The public beta (Windows) can be downloaded from the Adobe Labs website, with a Mac version due out by the end of the year. The company says version 1.0 will be available in early 2007. Not all features are implemented in the current beta.

A number of sample ebooks and other viewable content are available for download from Adobe’s Digital Editions Library.

PDF on the small screen: Power Search tutorial in QT

Monday, October 16th, 2006

Design Tools Monthly, a commercial newsletter aimed at graphics design professionals, summarizes timely articles, tips and other useful information from a broad range of design industry magazines and websites.

Coverage includes both Acrobat and Reader, which in a sense is also a tad self-serving, since the monthly newsletter is made available to paid subscribers in PDF. It behooves publisher and editor Jay Nelson to have newsletter readers who are savvy with PDF files, in part so they appreciate the various user-enabling features he and the staff build into each issue–including bookmarks, active weblinks and article threads.

TThe DTM website currently features a free-to-view Quicktime video clip that highlights the publication’s helpful navigational elements and provides a demonstration of how to take full advantage of the search functionality built into Acrobat and Reader. The “PDF Power Search” [QT: 17.3 MB] tutorial reviews both basic and advanced search capabilities, showing how a newsletter subscriber can maintain a folder of of archived issues and then easily search them using various criteria–search terms are highlighted in the results.

The site offers a free sample issue for download.

Acrobat 8: Shared review explained

Tuesday, October 10th, 2006

In the latest in our ongoing series of interviews with a variety of key Acrobat team members at Adobe, I talked recently with Randy Swineford (right), part of the product management group led by Rick Brown.

Randy explains his specific duties and key areas of responsibility, which includes interacting with both customers and with other Acrobat team groups.

“We get involved with every team at Adobe–marketing, sales, legal, engineering, documentation writers–and we constantly interact with customers. I never get bored with this job, mainly because I get to talk to people at companies in every industry– from power plants to defense contractors to financial services to pharmaceutical companies to government agencies–and in every job function. They always enjoy having a conversation about Acrobat and I always enjoy showing them the product.”

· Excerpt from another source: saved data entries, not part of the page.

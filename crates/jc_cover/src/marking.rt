//! Marking covered instructions, backward from those of which a probe is hit.
ghost use Rattle.std.specs.Prelude.{◌≡◌, ◌<◌, ◌≤◌, ◌^◌, ℕ, All, List, Option, None, Some, false, length, replicate, slice_get, IfOk};
ghost use Rattle.std.specs.List.{list_any};
ghost use Rattle.jc_cover.specs.Marking.{with_source, mark_if, mark_back};
ghost use Rattle.jc_cover.specs.Planned.{IsWithin, LeadsInside, with_branches, with_insns, is_hit_probe, is_hit_branch, mark_insns};

use crate::planned::PlannedBranch;
use jc_bytes::{List, Memory};
use std::alloc::Global;

/// Puts the instruction at `at` down as the source of a place.
fn put_source(sources: &mut Vec<Option<u32>>, at: u32, place: Option<u32>)
    requires { IsWithin (length sources.old.items) place }
    ensures { sources.new.items ≡ with_source place at sources.old.items }
{
    if let Some(to) = place {
        sources[to as usize] = Some(at);
    }
}

/// Puts the instruction at `at` down as the source of each place to which one of its branches
/// without a probe leads.
fn put_sources(sources: &mut Vec<Option<u32>>, at: u32, branches: &[PlannedBranch])
    requires { All (LeadsInside (length sources.old.items)) branches.now }
    ensures { sources.new.items ≡ with_branches at branches.now sources.old.items }
{
    'putting: for branch in branches {
        put_source(sources, at, branch.free_place());
    }
}

/// For each instruction, the one from which a branch without a probe leads there. There is at most
/// one: where two lead, each has a probe.
pub fn sources(alloc: Global, branches: &[List<PlannedBranch>]) -> Result<Vec<Option<u32>>, Memory>
    requires few { length branches.now ≤ 65535 }
    requires inside { All (All (LeadsInside (length branches.now))) branches.now }
    ensures { IfOk result (λ sources. sources.items ≡ with_insns 0 branches.now (replicate (length branches.now) None)) }
{
    let mut sources = vec![in alloc; None; branches.len()]?;
    'putting: for (at, branches) in branches.iter().enumerate() {
        put_sources(&mut sources, at as u32, branches);
    }
    Ok(sources)
}

/// Marks an instruction, its source, the source of that, and so on, up to one that is marked.
fn mark_back(sources: &[Option<u32>], start: u32, marks: &mut Vec<bool>)
    requires size { length marks.old.items ≡ length sources.now }
    requires start { start < length sources.now }
    requires sources { (i at : ℕ) → slice_get sources.now i ≡ Some (Some at) → at < length sources.now }
    ensures { marks.new.items ≡ mark_back sources.now (length sources.now) start marks.old.items }
{
    let mut next = Some(start);
    'marking: while let Some(at) = next {
        if marks[at as usize] {
            next = None;
        } else {
            marks[at as usize] = true;
            next = sources[at as usize];
        }
    }
}

/// Whether a probe is hit.
pub fn is_hit(probe: Option<u32>, hits: &[bool]) -> bool
    ensures { result ≡ is_hit_probe hits.now probe }
{
    match probe {
        Some(id) => hits.get(id as usize).copied().unwrap_or(false),
        None => false,
    }
}

/// Whether a probe of one of the branches is hit.
fn has_hit(branches: &[PlannedBranch], hits: &[bool]) -> bool
    ensures { result ≡ list_any (is_hit_branch hits.now) branches.now }
{
    'looking: for branch in branches {
        if is_hit(branch.probe, hits) {
            return true;
        }
    }
    false
}

/// Marks back from an instruction if one of its probes is hit.
fn mark_from(sources: &[Option<u32>], at: u32, hit: bool, marks: &mut Vec<bool>)
    requires size { length marks.old.items ≡ length sources.now }
    requires at { at < length sources.now }
    requires sources { (i at : ℕ) → slice_get sources.now i ≡ Some (Some at) → at < length sources.now }
    ensures { marks.new.items ≡ mark_if hit (mark_back sources.now (length sources.now) at) marks.old.items }
{
    if hit {
        mark_back(sources, at, marks);
    }
}

/// For each instruction, whether it is covered. Each is marked once, so that takes time in proportion
/// to the branches.
pub fn marks(
    alloc: Global,
    branches: &[List<PlannedBranch>],
    sources: &[Option<u32>],
    hits: &[bool],
) -> Result<Vec<bool>, Memory>
    requires few { length branches.now ≤ 65535 }
    requires size { length sources.now ≡ length branches.now }
    requires sources { (i at : ℕ) → slice_get sources.now i ≡ Some (Some at) → at < length sources.now }
    ensures { IfOk result (λ marks. marks.items
        ≡ mark_insns hits.now sources.now (length sources.now) 0 branches.now (replicate (length sources.now) false)) }
{
    let mut marks = vec![in alloc; false; branches.len()]?;
    'marking: for (at, branches) in branches.iter().enumerate() {
        mark_from(sources, at as u32, has_hit(branches, hits), &mut marks);
    }
    Ok(marks)
}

His key areas of responsibility include the Combine and Collaboration features, both significantly enhanced in Acrobat 8. In addition to the Q&A-format interview, we’ve published a related sidebar in which he explains in greater detail the advantages of the new Shared Review collaboration process in Acrobat 8 as compared to Acrobat 7’s browser-based review.

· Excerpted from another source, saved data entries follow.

//! Numbers as the arguments of a method.
ghost use Rattle.std.specs.Prelude.{◌≡◌};
ghost use Rattle.jc_methods.specs.DescriptorTypes.{base_type, method_type_in};
ghost use Rattle.jc_programs.specs.Entries.{is_argument, are_arguments};

/// What the letters of a descriptor that were read are the front of.
#[derive(Clone, Copy, Debug, PartialEq, Eq)]
pub enum Reading {
    /// Of no type: the next letter begins one.
    Nothing,
    /// Of an array's type: its brackets.
    Brackets,
    /// Of a class's type: a part of its name.
    Name,
}

/// Whether a number is a value of the base type with this letter, which is an integral one.
fn is_argument(letter: u8, number: &i64) -> bool
    ensures { result ≡ is_argument (base_type letter) number.now }
{
    let n = *number;
    match letter {
        b'B' => n >= -128 && n <= 127,
        b'C' => n >= 0 && n <= 65535,
        b'D' | b'F' => false,
        b'I' => n >= -2_147_483_648 && n <= 2_147_483_647,
        b'J' => true,
        b'S' => n >= -32768 && n <= 32767,
        _ => n >= 0 && n <= 1,
    }
}

/// Whether a method with this descriptor (JVM Specification 4.3.3) takes exactly these numbers: as many
/// parameters as numbers, all of integral types, and each number a value of its type.
pub fn takes(desc: &[u8], args: &[i64]) -> bool
    ensures { result ≡ are_arguments (method_type_in desc.now).parameters args.now }
{
    let mut letters = match desc {
        [_, inside @ ..] => inside,
        [] => desc,
    };
    let mut numbers = args;
    let mut reading = Reading::Nothing;
    'letters: while let Some((letter, after)) = letters.split_first() {
        letters = after;
        match reading {
            Reading::Name => {
                if *letter == b';' {
                    return false;
                }
                continue;
            }
            Reading::Nothing | Reading::Brackets => {}
        }
        if *letter == b'[' {
            reading = Reading::Brackets;
            continue;
        }
        if *letter == b'L' {
            reading = Reading::Name;
            continue;
        }
        if *letter == b')' {
            return numbers.is_empty();
        }
        match reading {
            Reading::Nothing => {
                let Some((n, others)) = numbers.split_first() else {
                    return false;
                };
                if !is_argument(*letter, n) {
                    return false;
                }
                numbers = others;
            }
            Reading::Brackets | Reading::Name => return false,
        }
    }
    numbers.is_empty()
}
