//! Laws of coverage and of counters.
//!
//! [`each_chain_follows_the_rule`] is the promise of this crate; the others are steps, which the crates above cite too.
ghost use Rattle.std.specs.Prelude.{◌≡◌, ◌↔◌, ℕ, All, ◌+◌, ◌-◌, ◌*◌, ◌≤◌, Bool, false, map, List, Option, IsTrue};
ghost use Rattle.std.specs.Prelude.{Contains, length, slice_index_or};
ghost use Rattle.std.specs.List.{sum_by, flat_map};
ghost use Rattle.jc_methods.specs.WellMade.{IsWellMade, insns_and_arms};
ghost use Rattle.jc_bytes.specs.FirstSeen.{first_seen};
ghost use Rattle.jc_methods.specs.declared.body.Body.{Body};
ghost use Rattle.jc_methods.specs.declared.body.LineAt.{LineAt};
ghost use Rattle.jc_plan.specs.declared.branch.Branch.{Branch};
ghost use Rattle.jc_plan.specs.Edges.{branches};
ghost use Rattle.jc_plan.specs.Leading.{LeadsTo};
ghost use Rattle.jc_plan.specs.Probed.{is_probed, id_of};
ghost use Rattle.jc_cover.specs.declared.coverage.Coverage.{Coverage};
ghost use Rattle.jc_cover.specs.Covered.{HasShape, is_hit, Covered, CoveredInsn, CoveredByRule, TellsCovered};
ghost use Rattle.jc_cover.specs.Followed.{AreEntered, AreFollowed, AreHitReached, AreTakenHit, IsAmong};
ghost use Rattle.jc_cover.specs.Marking.{marks_of, covers, coverage_of};
ghost use Rattle.jc_cover.specs.Counters.{AreAtMost, counters_of, Method, whole, all_insns, counters_of_methods, branching};
ghost use Rattle.jc_cover.specs.Counters.{TellsInsns, lined_insns, line_of, IsLineOf};

/// What chains of edges cover is what the rule says. Of the edges of a body with this first id: one with a probe is
/// covered exactly where its probe is hit, and one without a probe exactly where the instruction is to which it leads.
pub fn each_chain_follows_the_rule()
    ensures rule { (b : Body) (first : ℕ) (hits : List Bool) (x : Branch)
        → Covered b first hits x ↔ CoveredByRule b first hits x }
    ensures probed { (b : Body) (first : ℕ) (hits : List Bool) (x : Branch) → Contains (branches b.code) x
        → IsTrue (is_probed b x) → Covered b first hits x ↔ IsTrue (is_hit hits (id_of b first x)) }
    ensures unprobed { (b : Body) (first : ℕ) (hits : List Bool) (x : Branch) (i : ℕ) → Contains (branches b.code) x
        → is_probed b x ≡ false → LeadsTo x i → Covered b first hits x ↔ CoveredInsn b first hits i }
{}

/// Marking backward marks exactly the covered instructions, and by the marks exactly the covered branches are told.
pub fn each_mark_is_a_covered_instruction()
    ensures insns { (b : Body) (first : ℕ) (hits : List Bool) (i : ℕ)
        → IsTrue (slice_index_or (marks_of b first hits) i false) ↔ CoveredInsn b first hits i }
    ensures size { (b : Body) (first : ℕ) (hits : List Bool) → length (marks_of b first hits) ≡ length b.code }
    ensures edges { (b : Body) (first : ℕ) (hits : List Bool) (x : Branch) → Contains (branches b.code) x
        → IsTrue (covers b first hits (marks_of b first hits) x) ↔ Covered b first hits x }
{}

/// The coverage by marks has the class's shape and tells which edges are covered.
pub fn each_coverage_tells_what_is_covered()
    ensures { (bodies : List Body) (hits : List Bool) → TellsCovered bodies hits (coverage_of bodies hits) }
{}

/// A class and hits have one coverage, and an instruction is covered exactly where one of its values is true.
pub fn each_class_has_one_coverage()
    ensures one { (bodies : List Body) (hits : List Bool) (c d : Coverage) → TellsCovered bodies hits c
        → TellsCovered bodies hits d → c ≡ d }
    ensures insns { (bodies : List Body) (hits : List Bool) (c : Coverage) → TellsCovered bodies hits c
        → TellsInsns bodies hits c }
{}

/// The line that is found for an instruction is its line, and it has no other.
pub fn each_line_is_found()
    ensures found { (lines : List LineAt) (i : ℕ) → IsLineOf lines i (line_of lines i) }
    ensures one { (lines : List LineAt) (i : ℕ) (a b : Option ℕ) → IsLineOf lines i a → IsLineOf lines i b → a ≡ b }
{}

/// Of each counter, missed and covered make up the whole: the instructions, methods and lines that count; the branches
/// of each instruction with two or more; and for complexity one for each method, and for each such instruction one less
/// than its branches.
pub fn each_counter_has_its_whole()
    ensures instruction { (methods : List Method) → whole (counters_of_methods methods).instruction ≡ length (all_insns methods) }
    ensures branch { (methods : List Method) → whole (counters_of_methods methods).branch
        ≡ sum_by length (branching (all_insns methods)) }
    ensures line { (methods : List Method)
        → whole (counters_of_methods methods).line ≡ length (first_seen (map (λ l. l.number) (flat_map lined_insns methods))) }
    ensures complexity { (methods : List Method) → whole (counters_of_methods methods).complexity
        ≡ length methods + sum_by (λ values. length values - 1) (branching (all_insns methods)) }
    ensures method { (methods : List Method) → whole (counters_of_methods methods).method ≡ length methods }
{}

/// The counters of a class with so many instructions and arms of switches are at most four times as many.
pub fn each_counter_is_small()
    ensures { (bodies : List Body) (coverage : Coverage) (most : ℕ) → All IsWellMade bodies → HasShape bodies coverage
        → sum_by (λ b. insns_and_arms b.code) bodies ≤ most → AreAtMost (4 * most) (counters_of bodies coverage) }
{}

/// Covered edges and taken edges of a body. Where something came to the instruction of each reached edge, and each edge
/// whose probe is hit is reached, each covered edge is reached [`reached`]. Where behind each taken edge without a probe
/// another one was taken, and the probes of the taken edges are hit, each taken edge is covered [`covered`]; `took left` are
/// the edges that were taken when so much was left.
pub fn each_covered_edge_is_entered()
    ensures reached { (b : Body) (first : ℕ) (hits : List Bool) (took reached : List Branch)
        → AreEntered b (Contains took) (Contains reached) → AreHitReached b first hits (Contains reached)
        → (x : Branch) → Covered b first hits x → Contains reached x }
    ensures covered { (b : Body) (first : ℕ) (hits : List Bool) (took : ℕ → List Branch)
        → AreFollowed b (IsAmong took) → AreTakenHit b first hits (IsAmong took)
        → (x : Branch) (left : ℕ) → IsAmong took x left → Covered b first hits x }
{}
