//! The branches of a body's instructions with their probes.
ghost use Rattle.std.specs.Prelude.{◌≡◌, ◌+◌, ◌<◌, ◌^◌, ℕ, length, IfOk};
ghost use Rattle.jc_methods.specs.Flow.{targets_of};
ghost use Rattle.jc_methods.specs.WellMade.{IsCode};
ghost use Rattle.jc_plan.specs.Edges.{place_of};
ghost use Rattle.jc_plan.specs.Plan.{plan_of};
ghost use Rattle.jc_plan.specs.ByBranch.{planned};
ghost use Rattle.jc_cover.specs.Planned.{read_branches, body_branches, free_place};

use jc_bytes::{List, Memory};
use jc_methods::{Body, Insn, Plan};
use jc_plan::{Branch, Way, put_branches};
use std::alloc::Global;

/// A branch of an instruction.
#[derive(Clone, Copy, Debug, PartialEq, Eq)]
pub struct PlannedBranch {
    /// The instruction to which it leads, or nothing where it leaves the method.
    pub to: Option<u32>,
    /// The id of its probe, if it has one.
    pub probe: Option<u32>,
}

/// Where a branch leads, if it doesn't leave the method.
fn place(way: Way) -> Option<u32>
    ensures { result ≡ place_of way }
{
    match way {
        Way::Falls(to) | Way::Jumps(to) | Way::Switches(to) => Some(to),
        Way::Exits => None,
    }
}

/// The probe of a branch by the plan; `k` is its place among those of its instruction.
fn probe(plan: &Plan, branch: Branch, k: usize) -> Option<u32>
    ensures { result ≡ planned plan.now branch k }
{
    match branch.way {
        Way::Falls(to) => *plan.lead.get(to as usize)?,
        Way::Jumps(_) | Way::Switches(_) | Way::Exits => *plan.out.get(branch.at as usize)?.get(k)?,
    }
}

/// The branches of an instruction by the plan, in the order of their numbers.
fn read_branches(
    alloc: Global,
    plan: &Plan,
    at: u32,
    insn: &Insn,
) -> Result<List<PlannedBranch>, Memory>
    requires at { at + 1 < 2 ^ 32 }
    requires targets { length (targets_of insn.now) < 2 ^ 32 }
    ensures { IfOk result (λ list. list ≡ read_branches plan.now at insn.now) }
{
    let mut branches = Vec::new(alloc);
    put_branches(alloc, &mut branches, at, insn)?;
    let mut list = List::new(alloc);
    'reading: for (k, branch) in branches.iter().enumerate() {
        list.push(PlannedBranch {
            to: place(branch.way),
            probe: probe(plan, *branch, k),
        })?;
    }
    Ok(list)
}

/// The branches of each instruction of a body whose first id is `first`.
pub fn body_branches(
    alloc: Global,
    body: &Body,
    plan: &Plan,
) -> Result<Vec<List<PlannedBranch>>, Memory>
    ghost first: { ℕ }
    requires made { IsCode body.now.code }
    requires plan { plan.now ≡ plan_of body.now first }
    ensures { IfOk result (λ list. list.items ≡ body_branches body.now first) }
{
    let mut list = Vec::new(alloc);
    'reading: for (at, insn) in body.code.iter().enumerate() {
        list.push(read_branches(alloc, plan, at as u32, insn)?)?;
    }
    Ok(list)
}

impl PlannedBranch {
    /// Where the branch leads, if it has no probe.
    pub fn free_place(&self) -> Option<u32>
        ensures { result ≡ free_place self.now }
    {
        match self.probe {
            Some(_) => None,
            None => self.to,
        }
    }
}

“The new shared-review infrastructure is no longer dependent on the location of the document,” he says. “The path to the comment server is baked into the document when you send it for review, so you can open a document in a web browser, make comments, save it to your desktop/open Acrobat, make more comments, save it and then e-mail it to someone else–in all cases, the review will ‘just work.’”

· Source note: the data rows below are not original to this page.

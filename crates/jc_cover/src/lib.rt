//! Which edges of a class are covered by hits of its probes, and the counters of a class (JaCoCo's
//! documentation on control flow and on coverage counters).
#![tactic(auto)]

mod counting;
mod coverage;
mod covering;
mod laws;
mod lines;
mod marking;
mod planned;
mod sums;
mod tally;

pub use counting::counters;
pub use coverage::{Count, Counters, Coverage};
pub use covering::covered;
pub use laws::{
    each_chain_follows_the_rule, each_class_has_one_coverage, each_counter_has_its_whole,
    each_counter_is_small, each_coverage_tells_what_is_covered, each_covered_edge_is_entered,
    each_line_is_found, each_mark_is_a_covered_instruction,
};
pub use tally::Tally;
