//! Counters put together from instructions and methods.
ghost use Rattle.std.specs.Prelude.{◌≡◌, ◌+◌, ◌<◌, ◌≤◌, ◌^◌, length};
ghost use Rattle.jc_cover.specs.Counters.{count_of};
ghost use Rattle.jc_cover.specs.Sums.{no_items, one_item, plus_count, plus, no_sums, IsSmallCount, AreSmall};
ghost use Rattle.jc_cover.specs.Sums.{paths, insn_sums, method_sums, own_sums, insns_weight};

use crate::coverage::Count;
use jc_bytes::List;

/// The counters of a class but that of its lines.
#[derive(Clone, Copy, Debug, PartialEq, Eq)]
pub struct Sums {
    pub instruction: Count,
    pub branch: Count,
    pub complexity: Count,
    pub method: Count,
}

/// No item.
fn no_items() -> Count
    ensures { result ≡ no_items }
{
    Count {
        missed: 0,
        covered: 0,
    }
}

/// One item.
fn one_item(covered: bool) -> Count
    ensures { result ≡ one_item covered }
{
    if covered {
        Count {
            missed: 0,
            covered: 1,
        }
    } else {
        Count {
            missed: 1,
            covered: 0,
        }
    }
}

/// Both together.
fn plus_count(a: Count, b: Count) -> Count
    requires { IsSmallCount (plus_count a b) }
    ensures { result ≡ plus_count a b }
{
    Count {
        missed: a.missed + b.missed,
        covered: a.covered + b.covered,
    }
}

/// Both together.
pub fn plus(a: Sums, b: Sums) -> Sums
    requires { AreSmall (plus a b) }
    ensures { result ≡ plus a b }
{
    Sums {
        instruction: plus_count(a.instruction, b.instruction),
        branch: plus_count(a.branch, b.branch),
        complexity: plus_count(a.complexity, b.complexity),
        method: plus_count(a.method, b.method),
    }
}

/// How many of an instruction's branches are missed, and how many are covered.
pub fn branch_count(values: &[bool]) -> Count
    requires { length values.now < 2 ^ 32 }
    ensures { result ≡ count_of (λ value. value) values.now }
{
    let mut count = no_items();
    'counting: for value in values {
        count = plus_count(count, one_item(*value));
    }
    count
}

/// What an instruction with so many branches adds to complexity.
fn paths(branches: Count) -> Count
    requires some { 1 ≤ branches.missed + branches.covered }
    requires few { branches.missed + branches.covered < 2 ^ 32 }
    ensures { result ≡ paths branches }
{
    let covered = branches.covered.saturating_sub(1);
    Count {
        missed: branches.missed + branches.covered - 1 - covered,
        covered,
    }
}

/// What an instruction adds to the counters.
fn insn_sums(values: &[bool]) -> Sums
    requires { length values.now < 2 ^ 32 }
    ensures { result ≡ insn_sums values.now }
{
    let branches = branch_count(values);
    let instruction = one_item(branches.covered > 0);
    let none = no_items();
    if values.len() < 2 {
        return Sums {
            instruction,
            branch: none,
            complexity: none,
            method: none,
        };
    }
    Sums {
        instruction,
        branch: branches,
        complexity: paths(branches),
        method: none,
    }
}

/// What a method adds to the counters beside its instructions.
fn own_sums(covered: bool) -> Sums
    ensures { result ≡ own_sums covered }
{
    Sums {
        instruction: no_items(),
        branch: no_items(),
        complexity: one_item(covered),
        method: one_item(covered),
    }
}

/// Those of nothing.
pub fn no_sums() -> Sums
    ensures { result ≡ no_sums }
{
    Sums {
        instruction: no_items(),
        branch: no_items(),
        complexity: no_items(),
        method: no_items(),
    }
}

/// What a method with its instructions adds to the counters.
pub fn method_sums(insns: &[List<bool>]) -> Sums
    requires { insns_weight insns.now < 2 ^ 32 }
    ensures { result ≡ method_sums insns.now }
{
    let mut sums = no_sums();
    'counting: for values in insns {
        sums = plus(sums, insn_sums(values));
    }
    plus(own_sums(sums.instruction.covered > 0), sums)
}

Check out the interview and add any comments or questions in the ‘Article Feedback’ area at the bottom of the page.

Acrobat 8: On the road again

Thursday, October 5th, 2006

First, as a follow to a previous blog post, we have now uploaded for member viewing an archived version of the popular “Adobe Acrobat 8 & Acrobat Connect webinar” offered several times on September 19, the day after Adobe’s public announcement.

Next up: In tune with the anticipated release next month of Adobe Acrobat 8 is a series of live seminars, currently slated for the following locations and dates:

  • October 31 - Chicago, IL
  • November 14 - Toronto, Ontario
  • November 17 - Irvine, CA
  • November 30 - San Francisco, CA
  • December 4 - New York City, NY

Following an opening address by Tom Hale, Senior Vice President of Adobe’s Knowledge Worker Business Unit, is a series of 90-minute, concurrent breakout sessions aimed at professionals in the following fields:

  • AEC/Manufacturing
  • Creative and Marketing
  • General Business/IT
  • Legal
  • Education/eLearning

Online registration is available for all locations.